Required work:
The required answer is the count of lines in the records that contain "only", with no other text.
#### Dataset records ####
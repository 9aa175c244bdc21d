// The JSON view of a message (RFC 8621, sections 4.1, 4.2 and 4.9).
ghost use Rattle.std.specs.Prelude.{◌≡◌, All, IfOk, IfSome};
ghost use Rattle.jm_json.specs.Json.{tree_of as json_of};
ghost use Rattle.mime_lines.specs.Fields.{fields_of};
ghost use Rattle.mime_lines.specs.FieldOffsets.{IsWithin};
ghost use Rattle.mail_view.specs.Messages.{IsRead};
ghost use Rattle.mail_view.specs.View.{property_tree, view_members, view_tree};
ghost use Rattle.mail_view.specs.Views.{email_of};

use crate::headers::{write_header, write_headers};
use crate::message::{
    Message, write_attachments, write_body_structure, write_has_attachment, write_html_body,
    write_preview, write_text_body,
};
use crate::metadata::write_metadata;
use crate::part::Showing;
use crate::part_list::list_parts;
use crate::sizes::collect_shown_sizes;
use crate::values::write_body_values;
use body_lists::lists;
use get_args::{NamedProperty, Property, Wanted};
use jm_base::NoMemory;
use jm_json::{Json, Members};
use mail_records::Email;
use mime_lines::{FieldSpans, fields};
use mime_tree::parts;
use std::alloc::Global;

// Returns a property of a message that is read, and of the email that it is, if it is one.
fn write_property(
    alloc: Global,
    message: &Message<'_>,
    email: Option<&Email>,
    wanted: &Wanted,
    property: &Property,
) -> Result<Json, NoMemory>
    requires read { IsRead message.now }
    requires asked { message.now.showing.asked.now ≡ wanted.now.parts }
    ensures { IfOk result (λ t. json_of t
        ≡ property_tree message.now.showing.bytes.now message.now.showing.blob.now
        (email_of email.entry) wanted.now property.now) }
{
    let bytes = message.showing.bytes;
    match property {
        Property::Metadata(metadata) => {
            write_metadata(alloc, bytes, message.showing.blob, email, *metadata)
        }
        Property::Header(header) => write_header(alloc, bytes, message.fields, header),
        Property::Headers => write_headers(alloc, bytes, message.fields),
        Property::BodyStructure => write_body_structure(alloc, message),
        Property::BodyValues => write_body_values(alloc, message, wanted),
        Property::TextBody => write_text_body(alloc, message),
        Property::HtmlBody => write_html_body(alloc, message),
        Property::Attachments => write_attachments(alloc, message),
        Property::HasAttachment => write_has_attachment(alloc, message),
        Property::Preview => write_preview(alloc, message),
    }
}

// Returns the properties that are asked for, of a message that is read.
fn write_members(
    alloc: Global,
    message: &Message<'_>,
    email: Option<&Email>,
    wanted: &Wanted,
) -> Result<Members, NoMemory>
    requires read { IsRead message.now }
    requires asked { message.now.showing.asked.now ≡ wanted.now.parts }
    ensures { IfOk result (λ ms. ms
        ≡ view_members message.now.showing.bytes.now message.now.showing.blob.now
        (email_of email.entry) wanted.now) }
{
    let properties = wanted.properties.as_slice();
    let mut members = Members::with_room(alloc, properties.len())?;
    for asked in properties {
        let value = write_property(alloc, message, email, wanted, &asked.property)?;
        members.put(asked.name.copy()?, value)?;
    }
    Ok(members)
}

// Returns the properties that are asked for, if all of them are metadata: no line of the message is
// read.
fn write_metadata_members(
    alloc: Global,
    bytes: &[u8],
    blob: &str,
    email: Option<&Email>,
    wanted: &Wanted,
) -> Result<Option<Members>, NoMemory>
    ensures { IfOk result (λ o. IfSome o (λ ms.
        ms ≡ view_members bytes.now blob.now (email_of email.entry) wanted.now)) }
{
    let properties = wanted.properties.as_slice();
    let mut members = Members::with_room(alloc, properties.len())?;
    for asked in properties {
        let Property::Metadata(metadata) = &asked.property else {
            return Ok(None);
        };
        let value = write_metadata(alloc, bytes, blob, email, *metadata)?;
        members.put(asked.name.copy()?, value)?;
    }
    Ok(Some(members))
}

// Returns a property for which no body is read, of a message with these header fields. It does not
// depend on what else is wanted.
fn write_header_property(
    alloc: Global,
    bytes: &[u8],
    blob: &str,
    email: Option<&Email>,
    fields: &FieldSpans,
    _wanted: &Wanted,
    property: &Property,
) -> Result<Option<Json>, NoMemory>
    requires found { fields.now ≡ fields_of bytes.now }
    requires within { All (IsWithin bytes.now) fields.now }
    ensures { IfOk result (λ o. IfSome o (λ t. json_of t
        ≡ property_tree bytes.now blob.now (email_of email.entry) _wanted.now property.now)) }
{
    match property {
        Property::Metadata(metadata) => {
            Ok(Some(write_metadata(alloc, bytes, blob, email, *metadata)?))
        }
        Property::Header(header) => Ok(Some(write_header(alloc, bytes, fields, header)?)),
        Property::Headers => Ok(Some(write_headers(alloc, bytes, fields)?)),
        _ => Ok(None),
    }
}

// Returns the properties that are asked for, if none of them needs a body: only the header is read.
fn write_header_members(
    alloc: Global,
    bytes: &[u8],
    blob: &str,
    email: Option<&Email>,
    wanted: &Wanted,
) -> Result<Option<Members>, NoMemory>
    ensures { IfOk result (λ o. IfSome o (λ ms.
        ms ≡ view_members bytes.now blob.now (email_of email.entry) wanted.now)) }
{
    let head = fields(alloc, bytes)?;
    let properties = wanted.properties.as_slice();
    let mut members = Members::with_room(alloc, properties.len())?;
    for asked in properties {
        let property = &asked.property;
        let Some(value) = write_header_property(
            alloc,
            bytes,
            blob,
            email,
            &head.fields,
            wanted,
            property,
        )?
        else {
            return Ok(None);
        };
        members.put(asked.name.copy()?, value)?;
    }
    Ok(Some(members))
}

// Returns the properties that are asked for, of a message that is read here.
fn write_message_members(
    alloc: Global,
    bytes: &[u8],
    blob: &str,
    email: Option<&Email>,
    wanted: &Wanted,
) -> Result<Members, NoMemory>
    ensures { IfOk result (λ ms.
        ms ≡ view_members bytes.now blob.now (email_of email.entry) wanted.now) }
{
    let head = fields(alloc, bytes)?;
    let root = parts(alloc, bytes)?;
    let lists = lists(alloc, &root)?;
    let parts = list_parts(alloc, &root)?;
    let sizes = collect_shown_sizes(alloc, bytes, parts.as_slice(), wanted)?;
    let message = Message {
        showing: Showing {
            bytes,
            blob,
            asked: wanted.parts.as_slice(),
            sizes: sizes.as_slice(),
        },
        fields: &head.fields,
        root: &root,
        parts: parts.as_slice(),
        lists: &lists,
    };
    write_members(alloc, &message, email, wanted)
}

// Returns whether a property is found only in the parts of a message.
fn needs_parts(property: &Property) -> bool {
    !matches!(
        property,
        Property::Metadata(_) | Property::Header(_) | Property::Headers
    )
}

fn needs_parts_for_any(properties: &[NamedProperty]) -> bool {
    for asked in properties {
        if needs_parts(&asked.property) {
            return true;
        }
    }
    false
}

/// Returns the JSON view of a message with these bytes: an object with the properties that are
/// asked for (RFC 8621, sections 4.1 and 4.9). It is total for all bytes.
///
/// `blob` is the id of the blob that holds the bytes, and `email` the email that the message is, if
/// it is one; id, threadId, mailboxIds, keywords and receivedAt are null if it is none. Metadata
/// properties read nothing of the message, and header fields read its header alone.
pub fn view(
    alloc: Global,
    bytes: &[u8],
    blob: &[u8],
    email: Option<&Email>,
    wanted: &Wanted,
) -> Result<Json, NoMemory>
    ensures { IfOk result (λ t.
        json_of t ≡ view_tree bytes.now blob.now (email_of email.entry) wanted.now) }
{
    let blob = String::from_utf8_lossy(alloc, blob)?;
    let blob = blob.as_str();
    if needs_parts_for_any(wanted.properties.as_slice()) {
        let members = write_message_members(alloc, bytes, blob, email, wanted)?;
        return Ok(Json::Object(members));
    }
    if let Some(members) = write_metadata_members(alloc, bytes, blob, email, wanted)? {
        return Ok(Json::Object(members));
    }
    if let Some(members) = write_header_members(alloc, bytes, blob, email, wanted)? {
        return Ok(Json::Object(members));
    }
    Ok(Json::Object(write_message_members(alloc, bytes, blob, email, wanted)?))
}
####
Written answer:
2